Students will have the opportunity to learn about their fields of study in ways that challenge and make them consider alternative viewpoints and theories, specifically through study abroad and globally-focused coursework.

Meet the GEO Staff

Li-Ching Ho, PhD | Faculty Co-Director
liching.ho@wisc.edu

Li-Ching Ho is an associate professor of social studies education in the Department of Curriculum and Instruction,. Her research, conducted primarily in East and Southeast Asia, focuses on global issues of diversity in civic education, differentiated access to citizenship education, and environmental citizenship. She was previously a recipient of the Vilas Faculty Early Career Investigator Award and the College and University Faculty Assembly Early Career Research Award. She is a co-editor of The Palgrave Handbook of Global Citizenship and Education and has published research in Theory and Research in Social Education, Journal of Curriculum Studies, Teachers College Record, and Teaching and Teacher Education.

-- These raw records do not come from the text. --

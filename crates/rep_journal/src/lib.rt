//! A journal on a disk: lines of the AFD in frames, each with a gate in front of it that is opened once the frame is
//! sure. `docs/journal-format.md` has the layout.
#![tactic(auto)]

mod bytes;
mod error;
mod format;
mod frame;
mod frame_list;
mod head;
mod journal;
mod laws;
mod putting;
mod recovery;
mod scan;
mod stop;
mod vacant;

pub use error::{DeviceFault, NotMade, Stopped, WhyNot};
pub use format::MOST_FRAMES;
pub use frame::Frame;
pub use journal::Journal;
pub use laws::{contents_are_of_one_kind, contents_tell_the_frames};
pub use vacant::Vacant;
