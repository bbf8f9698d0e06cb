//! The first bytes of contents: magic and first gate.
ghost use Rattle.std.specs.Prelude.{◌≡◌, ◌↔◌, ◌≤◌, length, take, IfOk, IfSome, IsTrue};
ghost use Rattle.rep_io.specs.Causes.{HasCause};
ghost use Rattle.rep_journal.specs.State.{IsRead};
ghost use Rattle.rep_journal.specs.Format.{magic};
ghost use Rattle.rep_journal.specs.Head.{IsHead};

use crate::format::{MAGIC, OPEN_GATE};
use rep_disk::Disk;
use rep_io::Failed;

/// How contents begin.
#[derive(Clone, Copy, PartialEq, Eq)]
pub(crate) enum Head {
    /// There are at most 17 bytes.
    Short,
    /// There are more, without the magic.
    Foreign,
    /// There are more, with the magic and a closed gate.
    Closed,
    /// There are more, with the magic and an open gate.
    Open,
}

fn has_magic(front: &[u8]) -> bool
    requires { 16 ≤ length front.now }
    ensures { IsTrue result ↔ (take 16 front.now ≡ magic) }
{
    front[..16] == MAGIC[..]
}

/// How contents begin, of which these are the first 18 bytes, or all.
fn judge(front: &[u8]) -> Head
    requires { length front.now ≤ 18 }
    ensures { IsHead front.now result }
{
    if front.len() < 18 {
        return Head::Short;
    }
    if !has_magic(front) {
        return Head::Foreign;
    }
    if front[16] == OPEN_GATE {
        Head::Open
    } else {
        Head::Closed
    }
}

/// How the contents begin.
///
/// # Errors
///
/// `Failed` only where the disk failed in this call.
pub(crate) fn read_head<D: Disk>(disk: &mut D) -> Result<Head, Failed>
    ensures head { IfOk result (λ head. IfSome (D.shown disk.old).contents (λ bytes. IsHead bytes head)) }
    ensures kept { IsRead (D.shown disk.old) (D.shown disk.new) }
    ensures cause { HasCause (D.shown disk.old).faults (D.shown disk.new).faults result }
{
    let mut front = [0; 18];
    let count = disk.read_at(0, &mut front)?;
    Ok(judge(&front[..count]))
}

Adam NelsonAdam Nelson, PhD | Faculty Co-Director
adam.nelson@wisc.edu

Adam R. Nelson is Vilas Distinguished Achievement Professor of Educational Policy Studies and History at the University of Wisconsin-Madison. He received his Ph.D. in History from Brown University. His publications include Education and Democracy: The Meaning of Alexander Meiklejohn, 1872-1964 (2001); The Elusive Ideal: Equal Educational Opportunity and the Federal Role in Boston’s Public Schools (2005); Education and the Culture of Print in Modern America, co-edited with John L. Rudolph (2010); and The Global University: Past, Present, and Future Perspectives, co-edited with Ian P. Wei (2012). He is currently writing a pair of books titled Capital of Mind: The Making of an American Knowledge Economy, 1730-1830 and Empire of Knowledge: Nationalism, Internationalism, and American Science, 1780-1830. His research has been funded by grants from the National Endowment for the Humanities/American Antiquarian Society, the National Academy of Education/Spencer Postdoctoral Fellowship Program, the Charles Warren Center for Studies in American History at Harvard, the Advanced Studies Fellowship Program at Brown, and the Vilas Associate Program at the University of Wisconsin-Madison. He served as President of the History of Education Society and co-directs the annual University of Wisconsin-Peking University Workshop on Higher Education.

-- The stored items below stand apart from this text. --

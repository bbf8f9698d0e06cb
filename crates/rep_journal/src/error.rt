/// The disk failed. Whoever answers it has counted it.
#[derive(Clone, Copy, Debug, PartialEq, Eq)]
pub struct DeviceFault;

/// Why there is no journal on a disk.
#[derive(Clone, Copy, Debug, PartialEq, Eq)]
pub enum WhyNot {
    /// The contents aren't blank and lack the magic.
    Foreign,
    /// The contents aren't blank and have the magic.
    Present,
    /// The contents are blank.
    Blank,
    /// The gate at `at` is open, and no whole frame and gate byte follow it.
    Damaged {
        /// The place of the gate, in bytes from the start of the contents.
        at: u64,
    },
    /// The disk failed in this call.
    DeviceFault,
    /// There was not enough memory, or there are more frames than a journal can have.
    OutOfMemory,
}

/// A disk on which no journal was made or found.
#[derive(Drop)]
pub struct NotMade<D> {
    /// The disk, handed back.
    pub disk: D,
    /// Why.
    pub why: WhyNot,
}

/// A journal that ended, since the disk failed while a frame was put. Its contents have the frames from before, with
/// the new one or without it.
#[derive(Drop)]
pub struct Stopped<D> {
    /// The disk, handed back.
    pub disk: D,
    /// How often the disk has failed for this journal, the last time in this call. It is at least 1.
    pub faults: u64,
    /// How many frames the journal had before.
    pub count: u32,
}
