/// The first bytes of a journal: a text with the version `1`, and LF.
pub(crate) const MAGIC: [u8; 16] = *b"REP-P JOURNAL 1\n";

/// The magic and a closed gate.
pub(crate) const BLANK: [u8; 17] = *b"REP-P JOURNAL 1\n\0";

/// The byte of an open gate. Every other byte is a closed one.
pub(crate) const OPEN_GATE: u8 = 0xA5;

/// The closed gate that is written.
pub(crate) const CLOSED_GATE: u8 = 0x00;

/// The bytes of a frame before its line: length, origin and sequence number.
pub(crate) const HEAD_SIZE: usize = 12;

/// The bytes of the longest line.
pub(crate) const LONGEST_LINE: usize = 331;

/// The most bytes that are written behind a gate: a frame and the next gate.
pub(crate) const LONGEST_STAGE: usize = HEAD_SIZE + LONGEST_LINE + 1;

/// The place of the first gate.
pub(crate) const FIRST_GATE: u64 = 16;

/// The bytes that a frame needs at most: its gate, itself and the next gate.
pub(crate) const ROOM_OF_FRAME: u32 = 345;

/// The bytes of the magic and a gate.
pub(crate) const SIZE_OF_MAGIC: u32 = 17;

/// The most frames that a journal can have.
pub const MOST_FRAMES: u32 = 999_999_999;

Kate McCleary, PhD | Associate Director
kate.mccleary@wisc.edu

In her work with the School of Education, McCleary manages the day-to-day operations of the Global Engagement Office and offers support to departments, units, faculty, graduate students and visiting scholars engaged in globally-focused work. McCleary was a key collaborator in the development of the School’s strategic plan for global education, and co-led the launch of the Global Engagement Office in 2018. She previously served as an Associate Researcher with the LEAD Center in the Wisconsin Center for Education research, and was the Director of Global Education at Washington College in Maryland. Her own research interests focus on gender and education. In 2016, McCleary coauthored the manuscript Education and Youth Agency: Qualitative Case Studies in Global Contexts (Springer) with her colleagues Joan DeJaeghere and Jasmina Josic. McCleary received her PhD in Comparative International Development Education from the Department of Organizational Leadership, Policy and Development at the University of Minnesota. She did her MEd in Educational Leadership at Lehigh University, and has a BA in Spanish and History from Muhlenberg College.